ROS 2 Concept Tagentacle Mapping AI Scenario Description
Workspace Agent Workspace A directory containing multiple Pkgs, representing a complex agent system (e.g., "Personal Assistant").
Node Agent Node / General Node Runtime entity. Agent Nodes are LLM-driven with autonomous decision-making; General Nodes are deterministic programs (e.g., monitoring, hardware interfaces).
Topic Schema-Validated Channel Async data channel with mandatory JSON Schema contracts.

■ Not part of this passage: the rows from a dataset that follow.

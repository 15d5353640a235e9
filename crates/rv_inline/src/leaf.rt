// Leaves: functions that compute a value from their parameters alone, one line after the other.

ghost use Rattle.std.specs.Prelude.{◌≡◌, ◌≤◌, IsTrue, IfSome, length, map};
ghost use Rattle.rv_isa.specs.AsmCode.{line_of, lines_of};
ghost use Rattle.rv_isa.specs.ValueBounds.{AreValuesBelow, IsWrittenBelow, IsLineBelow, AreLinesBelow};
ghost use Rattle.rv_inline.specs.InLine.{is_pure, computes, IsWrittenFrom, AreComputing, AreFrom, gives_back, IsLeaf};
ghost use Rattle.rv_inline.specs.Growth.{AreShort};

use rv_isa::{Action, AsmFunction, Operation, Statement};

/// The most values of a leaf besides its parameters.
const MOST_FRESH: usize = 7;

/// The most lines of a leaf.
const MOST_LINES: usize = 32;

/// A leaf: the lines that compute, and the value that it gives back.
#[derive(Clone, Copy, Drop)]
pub struct Leaf<'a> {
    pub body: &'a [Statement],
    pub value: u32,
}

fn is_pure(operation: Operation) -> bool
    ensures { result ≡ is_pure operation }
{
    match operation {
        Operation::Register(_)
        | Operation::Immediate(_, _)
        | Operation::Shift(_, _)
        | Operation::Li(_)
        | Operation::Mv
        | Operation::La(_) => true,
        Operation::Lw(_) | Operation::Sw(_) | Operation::Dup | Operation::Free => false,
    }
}

fn computes(action: Action) -> bool
    ensures { result ≡ computes action }
{
    match action {
        Action::Compute(operation) => is_pure(operation),
        _ => false,
    }
}

fn is_written_from(low: usize, into: Option<u32>) -> bool
    ensures { IsTrue result → IsWrittenFrom low into }
{
    match into {
        Some(value) => low <= value as usize,
        None => false,
    }
}

fn are_computing(params: usize, body: &[Statement]) -> bool
    ensures { IsTrue result → AreComputing params (map line_of body.now) }
{
    for statement in body {
        if !computes(statement.action) || !is_written_from(params, statement.into) {
            return false;
        }
    }
    true
}

/// Whether each line takes two values at most, as each computation does.
fn are_short(body: &[Statement]) -> bool
    ensures { IsTrue result → AreShort (map line_of body.now) }
{
    for statement in body {
        if statement.args.len() > 2 {
            return false;
        }
    }
    true
}

fn are_below(most: usize, values: &[u32]) -> bool
    ensures { IsTrue result → AreValuesBelow most values.now }
{
    for value in values {
        if *value as usize >= most {
            return false;
        }
    }
    true
}

fn is_written_below(most: usize, into: Option<u32>) -> bool
    ensures { IsTrue result → IsWrittenBelow most into }
{
    match into {
        Some(value) => (value as usize) < most,
        None => true,
    }
}

fn is_line_below(most: usize, statement: &Statement) -> bool
    ensures { IsTrue result → IsLineBelow most (line_of statement.now) }
{
    are_below(most, &statement.args) && is_written_below(most, statement.into)
}

fn are_lines_below(most: usize, code: &[Statement]) -> bool
    ensures { IsTrue result → AreLinesBelow most (map line_of code.now) }
{
    for statement in code {
        if !is_line_below(most, statement) {
            return false;
        }
    }
    true
}

/// Whether values are the first numbers.
fn are_first(values: &[u32]) -> bool
    ensures { IsTrue result → AreFrom 0 values.now }
{
    for (index, value) in values.iter().enumerate() {
        if *value as usize != index {
            return false;
        }
    }
    true
}

/// The value that a line gives back, if it does.
fn given(statement: &Statement) -> Option<u32>
    ensures { IfSome result (λ value. line_of statement.now ≡ gives_back value) }
{
    match statement {
        Statement {
            action: Action::Return,
            args,
            into: None,
        } => match args.as_slice() {
            [value] => Some(*value),
            _ => None,
        },
        _ => None,
    }
}

/// A function as a leaf, if it is one.
pub fn leaf_of(function: &AsmFunction) -> Option<Leaf<'_>>
    ensures leaf { IfSome result (λ leaf. IsLeaf (lines_of function.now) (map line_of leaf.body.now) leaf.value) }
    ensures short { IfSome result (λ leaf. AreShort (map line_of leaf.body.now)) }
    ensures brief { IfSome result (λ leaf. length leaf.body.now ≤ 31) }
{
    if function.code.len() > MOST_LINES {
        return None;
    }
    let (last, body) = function.code.split_last()?;
    let value = given(last)?;
    let most = function.params.len() + MOST_FRESH;
    if are_first(&function.params)
        && are_computing(function.params.len(), body)
        && are_short(body)
        && are_below(most, &function.params)
        && are_lines_below(most, &function.code)
    {
        Some(Leaf { body, value })
    } else {
        None
    }
}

Non-conforming "hallucination outputs" are rejected at the entry point.
Service Tool Call (RPC) Synchronous RPC. Used for high-frequency MCP tool calls (e.g., reading files, DB queries).
Interface Pkg JSON Schema Contract Pkg Dedicated package defining cross-node message contracts, ensuring interoperability.
Bringup Pkg Config Center Topology orchestration, parameter injection (API_KEY, Base_URL, tool allow-lists), and node launch configuration.
Library Pkg Pure Prompt / Code Contains code libraries or Skills without starting an independent node.

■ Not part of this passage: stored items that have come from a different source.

/// Puts the entry below this page, whose keys lie between these two entries as the entry does, and answers what the page has
/// become. Calls itself once a level.
#[tactic(auto, using(crate::proofs::Downs::grows_down))]
fn grow_below<P: Pages, H: Hasher>(
    pages: &mut P,
    node: &RbNode,
    low: &Option<Entry>,
    high: &Option<Entry>,
    entry: &Entry,
) -> Result<Grown, TreeFault>
    requires used { (P.view pages.old).used < 2 ^ 47 }
    requires kinds { HasChildren H.dig node.now }
    requires range { IsEntryInRange entry.now }
    requires lie { lie_between low.now high.now node.now.entries ≡ true }
    requires above { is_above low.now entry.now ≡ true }
    requires below { is_below high.now entry.now ≡ true }
    ensures adds { AddsBy tree_faults P.view P.same pages.old pages.new result (NeverUntrue result) (AnswersOr tree_faults is_two)
        (λ ps. grows_from H.dig ps (key_of entry.now) node.now.level low.now high.now node.now) }
    ensures lists { (ps : Image) → (P.view pages.old).list ≡ Some ps → (named : Named) → named.below ≤ (P.view pages.old).used →
        (ts : List Tree) → AreTrees (IsTreeBelow H.dig (HasNamed named) ps node.now.level) node.now.children ts →
        IsRising (woven (map entries ts) node.now.entries) →
        IfOk result (λ g. (now : Image) × ((P.view pages.new).list ≡ Some now)
        × GrownLists H.dig (HasNamed named) now node.now.level (length node.now.entries) (with_entry (woven (map entries ts) node.now.entries) entry.now) g) }
    ensures put { (ps : Image) → (P.view pages.old).list ≡ Some ps → IfOk result (λ g. (stops : List Stop) × (more : Image) × ((P.view pages.new).list ≡ Some (ps ++ more))
        × (way_from H.dig ps (Absent (key_of entry.now)) node.now.level low.now high.now node.now ≡ Is stops)
        × AreRegrown H.dig ((P.view pages.old).used) entry.now stops more g) }
    ensures grown { IfOk result (IsGrownIn low.now high.now) }
    ensures last { IfOk result (λ g. IsLast ((P.view pages.new).used) g) }
    ensures more { IfOk result (λ g. (P.view pages.old).used < (P.view pages.new).used) }
    ensures few { (P.view pages.new).used ≤ (P.view pages.old).used + 2 * (node.now.level + 1) }
{
    let ask = Ask::Absent(entry_key(entry));
    match descend::<P, H>(pages, &ask, node, low, high)? {
        Down::Met { .. } => Err(TreeFault::Present),
        Down::Leaf { place, .. } => regrow::<P, H>(pages, node, place, &leaf::<H>(entry)),
        Down::Child { here, place, child } => {
            let below = grow_below::<P, H>(pages, &child, &here.low, &here.high, entry)?;
            regrow::<P, H>(pages, node, place, &below)
        }
    }
}

/// The root of a page that is staged.
fn root_of(child: Child) -> Root
    ensures page { result.page ≡ child.page }
    ensures label { result.label ≡ child.label }
{
    Root {
        page: child.page,
        label: child.label,
    }
}

/// Stages the page of one key between two children.
fn stage_single<P: Pages, H: Hasher>(
    pages: &mut P,
    own: u8,
    left: Child,
    middle: Entry,
    right: Child,
) -> Result<Root, NoMemory>
    requires used { (P.view pages.old).used < 2 ^ 48 - 4 }
    requires level { own ≤ 10 }
    requires range { IsEntryInRange middle }
    requires left { IsChildAt H.dig own left }
    requires right { IsChildAt H.dig own right }
    ensures lists { (ps : Image) → (P.view pages.old).list ≡ Some ps → (named : Named) → named.below ≤ (P.view pages.old).used →
        (ts : List Tree) → AreTrees (IsTreeBelow H.dig (HasNamed named) ps own) (left ∷ right ∷ []) ts →
        IsRising (woven (map entries ts) (middle ∷ [])) →
        IfOk result (λ new. (now : Image) × (t : Tree) × ((P.view pages.new).list ≡ Some now) × StandsWith H.dig (HasNamed named) now new t × (entries t ≡ woven (map entries ts) (middle ∷ []))) }
    ensures put { (ps : Image) → (P.view pages.old).list ≡ Some ps → IfOk result (λ new. (top : Image) × ((P.view pages.new).list ≡ Some (ps ++ top))
        × IsTop H.dig ((P.view pages.old).used) own (Two left middle right) top new) }
    ensures page { IfOk result (λ new. (P.view pages.new).used ≡ new.page + 1) }
    ensures more { IfOk result (λ new. (P.view pages.old).used < (P.view pages.new).used) }
    ensures few { (P.view pages.new).used ≤ (P.view pages.old).used + 1 }
    ensures kept { OnlyAdds P.view P.same pages.old pages.new (Unit {0}) }
    ensures faults { (P.view pages.new).faults ≡ (P.view pages.old).faults }
{
    let node = single::<H>(own, middle, left, right);
    Ok(root_of(stage_node::<P, H>(pages, &node)?))
}

/// The root over what the page of the earlier root, which has this level, has become: its page, or one more that is staged over two.
fn stage_top<P: Pages, H: Hasher>(
    pages: &mut P,
    root: &Root,
    own: u8,
    grown: Grown,
) -> Result<Root, TreeFault>
    requires used { (P.view pages.old).used < 2 ^ 48 - 4 }
    requires level { own ≤ TOP_LEVEL }
    requires grown { IsGrownIn None None grown }
    ensures adds { AddsBy tree_faults P.view P.same pages.old pages.new result (NeverUntrue result) (AnswersOr tree_faults (λ (_ : Root). tt))
        (λ ps. top_at root.now.page own (is_two grown)) }
    ensures lists { (ps : Image) → (P.view pages.old).list ≡ Some ps → (named : Named) → named.below ≤ (P.view pages.old).used →
        (least : ℕ) → 1 ≤ least → (es : List Entry) → IsRising es → GrownLists H.dig (HasNamed named) ps own least es grown →
        IfOk result (λ new. (now : Image) × (t : Tree) × ((P.view pages.new).list ≡ Some now)
        × StandsWith H.dig (HasNamed named) now new t × (entries t ≡ es)) }
    ensures put { (ps : Image) → (P.view pages.old).list ≡ Some ps → IfOk result (λ new. (top : Image) × ((P.view pages.new).list ≡ Some (ps ++ top))
        × IsTop H.dig ((P.view pages.old).used) (own + 1) grown top new) }
    ensures page { IsLast ((P.view pages.old).used) grown → IfOk result (λ new. (P.view pages.new).used ≡ new.page + 1) }
    ensures few { (P.view pages.new).used ≤ (P.view pages.old).used + 1 }
{
    match grown {
        Grown::One(child) => Ok(root_of(child)),
        Grown::Two {
            left,
            middle,
            right,
        } => {
            if own == TOP_LEVEL {
                return Err(TreeFault::BadPage { page: root.page });
            }
            Ok(stage_single::<P, H>(pages, own + 1, left, middle, right)?)
        }
    }
}

/// Puts the entry into the tree under a root that has a page, and answers the new root.
#[tactic(auto, using(crate::proofs::Inserts::insert_roots))]
fn insert_below<P: Pages, H: Hasher>(
    pages: &mut P,
    root: &Root,
    entry: &Entry,
) -> Result<Root, TreeFault>
    requires used { (P.view pages.old).used < 2 ^ 47 }
    requires range { IsEntryInRange entry.now }
    requires some { root.now.page ≢ 0 }
    ensures adds { AddsBy tree_faults P.view P.same pages.old pages.new result (NeverUntrue result) (AnswersOr tree_faults (λ (_ : Root). tt))
        (λ ps. found_insert H.dig ps root.now (key_of entry.now)) }
    ensures inserted { (ps : Image) → (P.view pages.old).list ≡ Some ps → (named : Named) → named.below ≤ (P.view pages.old).used →
        (t : Tree) → StandsWith H.dig (HasNamed named) ps root.now t →
        IfOk result (λ new. (now : Image) × (grown : Tree) × ((P.view pages.new).list ≡ Some now)
        × StandsWith H.dig (HasNamed named) now new grown × (entries grown ≡ with_entry (entries t) entry.now)) }
    ensures put { (ps : Image) → (P.view pages.old).list ≡ Some ps → IfOk result (λ new. (more : Image) × ((P.view pages.new).list ≡ Some (ps ++ more))
        × PutsIn H.dig ps root.now entry.now more new) }
    ensures page { IfOk result (λ new. (P.view pages.new).used ≡ new.page + 1) }
    ensures more { IfOk result (λ new. (P.view pages.old).used < (P.view pages.new).used) }
    ensures few { (P.view pages.new).used ≤ (P.view pages.old).used + MOST_STAGED }
{
    let first = read_root::<P, H>(pages, root.page)?;
    let own = level(&first);
    let grown = grow_below::<P, H>(pages, &first, &None, &None, entry);
    drop(first);
    stage_top::<P, H>(pages, root, own, grown?)
}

Package Management & Orchestration

tagentacle.toml: Lightweight Metadata Declaration

Each package root must contain a tagentacle.toml manifest:

[package]
name = "alice_agent"
version = "0.1.0"
description = "A conversational AI agent"
authors = ["dev@example.com"]

[entry_points]
node = "main:AliceNode"  # Exported Node class for CLI auto-loading

[dependencies]
python = ["openai", "tagentacle-py>=0.1.0"]

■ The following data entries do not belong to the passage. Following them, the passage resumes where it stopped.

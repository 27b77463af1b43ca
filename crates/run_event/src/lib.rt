// An event carried out: an arrival, a step or a cut.
#![tactic(auto)]

ghost use Rattle.std.specs.Prelude.{◌*◌, drop};
ghost use Rattle.rules.specs.Sizes.{event_size};
ghost use Rattle.rules.specs.Events.{event_from};
ghost use Rattle.step_contract.specs.Ready.{Ready, Done, reply_to};
ghost use Rattle.step_send_buffered.specs.Arrivals.{EventAt};

use rules::answer::Answer;
use rules::codes::{ARRIVAL, STEP};
use rules::layout::{EVENT_KIND_PLACE, EVENT_SIZE, EVENT_THREAD_PLACE};
use rules::sorts::Thread;
use state_thread_record::read_thread;
use step_dispatch::step;
use step_end::cut_job;
use step_send_buffered::arriving::arrive;

// The event at an index.
pub fn event(image: &[u8], table: &[u8], state: &mut [u8], events: &[u8], i: usize) -> Answer
    requires { Ready image.now table.now state.old × EventAt image.now events.now i }
    ensures { Done (reply_to image.now table.now state.old
        (event_from (drop (event_size * i) events.now))) state.new result }
{
    let at = EVENT_SIZE * i;
    let t = Thread::from(events[at + EVENT_THREAD_PLACE]);
    // Kept: by the byte, since every event here has a kind, and EventKind::try_from asks again whether it has one.
    let kind = events[at + EVENT_KIND_PLACE];
    if kind == STEP {
        return step(image, table, state, t);
    }
    if kind == ARRIVAL {
        return arrive(image, table, state, events, i);
    }
    let w = read_thread(state, t);
    cut_job(image, table, state, t, w)
}
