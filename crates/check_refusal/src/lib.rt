// Why a call is refused. C knows each cause by its number, which comes back as one number with the place: 65,536 × number + place.
#![tactic(auto)]

ghost use Rattle.std.specs.Prelude.{◌≡◌, cond};
ghost use Rattle.check_refusal.specs.Refusals.{refusal_number, number_of};

use rules::codes::{
    BAD_ANSWERS_LENGTH, BAD_EVENT, BAD_EVENTS_LENGTH, BAD_IMAGE_LENGTH, BAD_MET_LENGTH,
    BAD_OUTPUT_LENGTH, BAD_RECORD, BAD_STATE, BAD_STATE_LENGTH, BAD_TABLE_FIELD, BAD_TABLE_LENGTH,
    BAD_WALK_THREAD, BAD_WORDS_LENGTH, SHARED_BLOCK, TOO_MANY_RECORDS,
};
use rules::sorts::{Block, Label, block_number, label_number};

// With the place, where it has one: the block of a table field's row, a record's label, an event's index.
#[derive(Clone, Copy, PartialEq, Eq)]
pub enum Refusal {
    ImageLength,
    TableLength,
    TableField(Block),
    Record(Label),
    StateLength,
    State,
    EventsLength,
    Event(u16),
    AnswersLength,
    WordsLength,
    WalkThread,
    MetLength,
    SharedBlock,
    TooManyRecords,
    OutputLength,
}

impl From<Refusal> for u32 {
    ghost from_gives = { λ r n. n ≡ refusal_number r };

    // Cold and apart: only a refused call comes here, so the compiler lays out the accepted one's loops for speed.
    #[cold]
    #[inline(never)]
    fn from(refusal: Refusal) -> Self {
        let (number, place) = match refusal {
            Refusal::ImageLength => (BAD_IMAGE_LENGTH, 0),
            Refusal::TableLength => (BAD_TABLE_LENGTH, 0),
            Refusal::TableField(block) => (BAD_TABLE_FIELD, u16::from(block_number(block))),
            Refusal::Record(label) => (BAD_RECORD, label_number(label)),
            Refusal::StateLength => (BAD_STATE_LENGTH, 0),
            Refusal::State => (BAD_STATE, 0),
            Refusal::EventsLength => (BAD_EVENTS_LENGTH, 0),
            Refusal::Event(index) => (BAD_EVENT, index),
            Refusal::AnswersLength => (BAD_ANSWERS_LENGTH, 0),
            Refusal::WordsLength => (BAD_WORDS_LENGTH, 0),
            Refusal::WalkThread => (BAD_WALK_THREAD, 0),
            Refusal::MetLength => (BAD_MET_LENGTH, 0),
            Refusal::SharedBlock => (SHARED_BLOCK, 0),
            Refusal::TooManyRecords => (TOO_MANY_RECORDS, 0),
            Refusal::OutputLength => (BAD_OUTPUT_LENGTH, 0),
        };
        65536 * number + u32::from(place)
    }
}

// Refused for this reason unless the condition holds.
pub fn ensure(ok: bool, refusal: Refusal) -> Result<(), Refusal>
    ensures { number_of result ≡ cond ok 0 (refusal_number refusal) }
{
    if ok { Ok(()) } else { Err(refusal) }
}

Bringup: Centralized Configuration & Topology Control

The Bringup Package serves as the system's "configuration center":

  • Topology Orchestration: Declare which nodes compose the system via configuration files.
  • Parameter Injection: Dynamically distribute API_KEY, Base_URL, and "tool allow-lists" at launch time.

Communication Flow

  • Topic (Pub/Sub): Real-time broadcasts, timeline updates, and streaming output (e.g., LLM response streams). Validated against JSON Schema.
  • Service (Req/Res): Inter-node RPC calls (e.g., Agent calling Inference Node for completion).
  • MCP (Streamable HTTP): Agents connect directly to MCP Servers via native MCP SDK HTTP client; tool calls bypass the bus. The bus only handles service discovery (/mcp/directory Topic).
  • Action (Planned): Long-running asynchronous tasks with progress feedback.

The Architecture Stack

┌─────────────────────────────────────────────────────┐
│  Application Layer (Nodes, Agents, MCP Servers)      │  ← iterates fastest
├─────────────────────────────────────────────────────┤
│  Tagentacle (Domain Shell / Middleware)               │  ← domain semantics
│  Topic Pub/Sub, Service RPC, /mcp/directory,         │     (syntax sugar with
│  Node identity, Lifecycle, TACL, Launch              │      real engineering value)
├─────────────────────────────────────────────────────┤
│  Linux (Kernel + Docker)                             │  ← "laws of physics"
│  socket, namespace, cgroup, filesystem, signals      │
└─────────────────────────────────────────────────────┘

The real risk is not "AI skips Tagentacle and uses Linux directly" — it's "another framework provides better semantic compression." This is why the Daemon should only implement mechanisms (IPC routing, process launch, container lifecycle), never policies (how to orchestrate, how to schedule) — mechanisms are stable, policies iterate with competition.